I work on accounts of varying sizes, approaching $1M/month. At that level, we
have access to a handful of dedicated reps who quickly fix issues like this
when they arise (in addition to weekly support meetings and a handful of other
nice-to-haves.) The smaller accounts I work on barely get any attention, so I
can sympathize.

That being said, the established accounts I've seen don't have these types of
issues. (Even some of the smaller accounts I work on don't run into holdups
often at all.) I suspect it has less to do with budget and more to do with
some sort of trust built up over time and the frequency with which you make
changes to your account (if you make frequent changes without causing
problems, you are given more leeway, maybe?) Casual observations on my part,
but something I've noticed.

------
Natsu
There are several flaws inherent in trying to scale things by having the
computer gather all your data from people.

Solving them almost invariably requires more people, but some can be avoided
if you're more careful about what you measure and how you measure it (i.e.
making sure you know what the hell is actually going on, rather than staring
at spreadsheets of disembodied numbers removed from any context).

* The "best performing" systems are those with the fewest problems, right? But you can get rid of problems in two ways: by solving them, and by making it difficult or impossible for people to complain.

* You only hear about problems from the people who complain. Remove their ability to complain (or make it hard for them to reach anyone) and you'll never know about the problems. The tie-in with my first point should be obvious.

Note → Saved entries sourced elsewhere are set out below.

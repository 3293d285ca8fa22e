#![tactic(auto)]

// Counting: definitions and laws over any test `p : ℕ → Bool` on numbers, with no word of sheets or families.
//
// The crate has no code. specs/ says what a count, a rank, the y-th number, a run, a stretch, a packed window and a periodic
// selection are; proofs/ has their laws, each stated once, for every layer above.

* A broken complaints system that allows few complaints will "perform better" than any other systems (in terms of having fewer trouble reports that get through) and will get selected for, unless you have people who know what the hell is going on.

* When you make people select their problems from a list, you won't get anything not on the list. Sure, maybe you have an "other" field, but sometimes people will just select one of the options even if it's the wrong one. In that vein, your _default_ selection should be some kind of "unknown/other" because unless people make a choice, you can't assume that they intentionally selected anything.

I could go on and on, sadly, because I have a lot of experience seeing this
sort of thing go on, even though I've done my best to prevent certain
industrial QC processes from feeding total and utter garbage data to managers
who see the production floor only when giving tours to prospective customers.

------
rumpelstiltskin
Have you tried facebook? 3 yrs ago, when I first started out as an affiliate
marketer, 90% of my ad spend was in adwords. At this point, my ad spend has
tilted obscenely in facebook's favor over adwords.

I remember the hours I used to spend optimising my adwords. But not any more.
I spend less than 5% of that time on adwords now. By xmas of this year, it
should be down to 0.

------
revorad
I hope someone's applying to YC with a customer service startup designed
specifically to serve Google's customers. You can guarantee Google won't jump
in to compete and if you get traction, they might buy you.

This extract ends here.